··· Records shown

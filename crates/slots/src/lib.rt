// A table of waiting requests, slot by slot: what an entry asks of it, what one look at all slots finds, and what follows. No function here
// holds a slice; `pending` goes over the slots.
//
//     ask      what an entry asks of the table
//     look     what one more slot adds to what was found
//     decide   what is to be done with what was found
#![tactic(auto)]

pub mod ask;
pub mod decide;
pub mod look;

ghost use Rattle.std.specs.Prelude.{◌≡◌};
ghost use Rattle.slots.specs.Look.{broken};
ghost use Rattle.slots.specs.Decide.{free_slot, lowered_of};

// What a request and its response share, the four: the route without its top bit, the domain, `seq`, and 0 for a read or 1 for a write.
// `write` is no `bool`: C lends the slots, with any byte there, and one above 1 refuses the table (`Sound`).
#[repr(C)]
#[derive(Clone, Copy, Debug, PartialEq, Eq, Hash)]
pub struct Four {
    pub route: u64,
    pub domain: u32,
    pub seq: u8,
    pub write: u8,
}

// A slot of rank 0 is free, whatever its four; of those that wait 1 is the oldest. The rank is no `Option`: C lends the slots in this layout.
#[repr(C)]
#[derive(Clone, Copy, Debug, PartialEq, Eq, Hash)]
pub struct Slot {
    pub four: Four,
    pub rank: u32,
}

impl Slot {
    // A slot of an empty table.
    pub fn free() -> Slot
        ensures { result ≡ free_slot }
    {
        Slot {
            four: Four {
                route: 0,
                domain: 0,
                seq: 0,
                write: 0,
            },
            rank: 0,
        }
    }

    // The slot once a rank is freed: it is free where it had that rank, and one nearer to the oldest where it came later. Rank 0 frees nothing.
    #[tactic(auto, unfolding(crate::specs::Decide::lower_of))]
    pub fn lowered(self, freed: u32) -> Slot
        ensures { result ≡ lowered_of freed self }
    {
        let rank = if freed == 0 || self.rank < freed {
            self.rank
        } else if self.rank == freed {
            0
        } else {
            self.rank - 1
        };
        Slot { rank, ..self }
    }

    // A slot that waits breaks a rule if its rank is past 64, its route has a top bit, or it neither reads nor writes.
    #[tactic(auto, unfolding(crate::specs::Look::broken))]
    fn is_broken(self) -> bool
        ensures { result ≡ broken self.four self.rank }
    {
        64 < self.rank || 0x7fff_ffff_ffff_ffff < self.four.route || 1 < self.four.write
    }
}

······
··· Records shown

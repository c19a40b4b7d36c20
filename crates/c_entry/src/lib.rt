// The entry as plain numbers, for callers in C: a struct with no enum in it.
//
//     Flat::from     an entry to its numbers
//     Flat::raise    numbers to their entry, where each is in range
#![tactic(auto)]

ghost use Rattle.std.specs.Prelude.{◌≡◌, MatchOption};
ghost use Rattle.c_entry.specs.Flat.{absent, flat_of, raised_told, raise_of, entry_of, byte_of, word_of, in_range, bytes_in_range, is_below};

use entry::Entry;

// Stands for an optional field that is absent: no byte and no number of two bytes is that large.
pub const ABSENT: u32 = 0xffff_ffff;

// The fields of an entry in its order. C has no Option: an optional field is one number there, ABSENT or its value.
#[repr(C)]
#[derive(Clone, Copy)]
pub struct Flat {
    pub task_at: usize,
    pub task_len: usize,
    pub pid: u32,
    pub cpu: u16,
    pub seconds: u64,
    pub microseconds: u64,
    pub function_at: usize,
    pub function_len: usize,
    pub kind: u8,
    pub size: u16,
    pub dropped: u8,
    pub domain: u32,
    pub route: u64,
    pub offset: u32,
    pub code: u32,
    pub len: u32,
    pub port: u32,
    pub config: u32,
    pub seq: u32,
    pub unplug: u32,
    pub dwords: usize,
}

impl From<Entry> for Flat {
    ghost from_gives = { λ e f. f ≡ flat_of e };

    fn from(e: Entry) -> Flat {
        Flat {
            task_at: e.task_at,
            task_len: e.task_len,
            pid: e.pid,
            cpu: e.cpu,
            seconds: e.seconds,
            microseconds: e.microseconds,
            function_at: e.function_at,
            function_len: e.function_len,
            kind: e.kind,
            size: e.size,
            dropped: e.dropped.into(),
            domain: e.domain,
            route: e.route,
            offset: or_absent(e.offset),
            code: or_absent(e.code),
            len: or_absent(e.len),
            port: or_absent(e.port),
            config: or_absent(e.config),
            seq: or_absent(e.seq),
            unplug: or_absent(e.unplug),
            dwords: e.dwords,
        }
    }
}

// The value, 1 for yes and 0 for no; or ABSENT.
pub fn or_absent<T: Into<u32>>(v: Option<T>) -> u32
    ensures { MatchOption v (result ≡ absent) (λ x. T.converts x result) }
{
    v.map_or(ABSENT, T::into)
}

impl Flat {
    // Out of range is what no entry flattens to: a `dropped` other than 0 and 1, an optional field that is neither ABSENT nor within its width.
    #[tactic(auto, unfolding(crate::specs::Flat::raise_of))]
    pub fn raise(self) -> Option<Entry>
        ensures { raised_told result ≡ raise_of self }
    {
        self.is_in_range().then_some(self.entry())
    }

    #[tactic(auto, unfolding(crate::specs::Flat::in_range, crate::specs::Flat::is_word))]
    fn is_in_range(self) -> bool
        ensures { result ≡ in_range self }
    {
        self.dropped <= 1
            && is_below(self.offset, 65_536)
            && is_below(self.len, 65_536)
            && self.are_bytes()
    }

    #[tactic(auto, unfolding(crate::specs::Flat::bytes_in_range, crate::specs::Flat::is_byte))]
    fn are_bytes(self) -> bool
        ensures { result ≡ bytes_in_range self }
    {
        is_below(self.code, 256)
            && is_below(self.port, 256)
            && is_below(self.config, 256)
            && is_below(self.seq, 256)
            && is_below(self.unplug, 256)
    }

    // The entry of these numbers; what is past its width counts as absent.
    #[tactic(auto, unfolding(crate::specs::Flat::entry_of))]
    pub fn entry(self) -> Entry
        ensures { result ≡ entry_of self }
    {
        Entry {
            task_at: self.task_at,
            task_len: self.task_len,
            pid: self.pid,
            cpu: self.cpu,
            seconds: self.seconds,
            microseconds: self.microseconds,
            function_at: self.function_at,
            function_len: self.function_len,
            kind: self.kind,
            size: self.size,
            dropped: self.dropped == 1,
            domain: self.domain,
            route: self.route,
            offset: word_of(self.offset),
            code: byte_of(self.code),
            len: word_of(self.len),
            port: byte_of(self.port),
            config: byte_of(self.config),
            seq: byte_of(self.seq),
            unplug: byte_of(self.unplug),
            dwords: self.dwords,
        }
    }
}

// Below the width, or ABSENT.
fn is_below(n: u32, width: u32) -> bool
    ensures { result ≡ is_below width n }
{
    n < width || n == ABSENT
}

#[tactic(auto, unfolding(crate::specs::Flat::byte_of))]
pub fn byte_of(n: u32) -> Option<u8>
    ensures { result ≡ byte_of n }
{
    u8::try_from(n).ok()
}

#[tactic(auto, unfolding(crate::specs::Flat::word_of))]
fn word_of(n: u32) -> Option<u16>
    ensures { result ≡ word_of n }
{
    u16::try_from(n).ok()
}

······

Requirement
Reproduce, character for character, only the lines of the preceding data that start at the line with "to what was found" and end at the line with "0 frees nothing.", both included.

Result of the exercise
//     look     what one more slot adds to what was found
//     decide   what is to be done with what was found
#![tactic(auto)]

pub mod ask;
pub mod decide;
pub mod look;

ghost use Rattle.std.specs.Prelude.{◌≡◌};
ghost use Rattle.slots.specs.Look.{broken};
ghost use Rattle.slots.specs.Decide.{free_slot, lowered_of};

// What a request and its response share, the four: the route without its top bit, the domain, `seq`, and 0 for a read or 1 for a write.
// `write` is no `bool`: C lends the slots, with any byte there, and one above 1 refuses the table (`Sound`).
#[repr(C)]
#[derive(Clone, Copy, Debug, PartialEq, Eq, Hash)]
pub struct Four {
    pub route: u64,
    pub domain: u32,
    pub seq: u8,
    pub write: u8,
}

// A slot of rank 0 is free, whatever its four; of those that wait 1 is the oldest. The rank is no `Option`: C lends the slots in this layout.
#[repr(C)]
#[derive(Clone, Copy, Debug, PartialEq, Eq, Hash)]
pub struct Slot {
    pub four: Four,
    pub rank: u32,
}

impl Slot {
    // A slot of an empty table.
    pub fn free() -> Slot
        ensures { result ≡ free_slot }
    {
        Slot {
            four: Four {
                route: 0,
                domain: 0,
                seq: 0,
                write: 0,
            },
            rank: 0,
        }
    }

    // The slot once a rank is freed: it is free where it had that rank, and one nearer to the oldest where it came later. Rank 0 frees nothing.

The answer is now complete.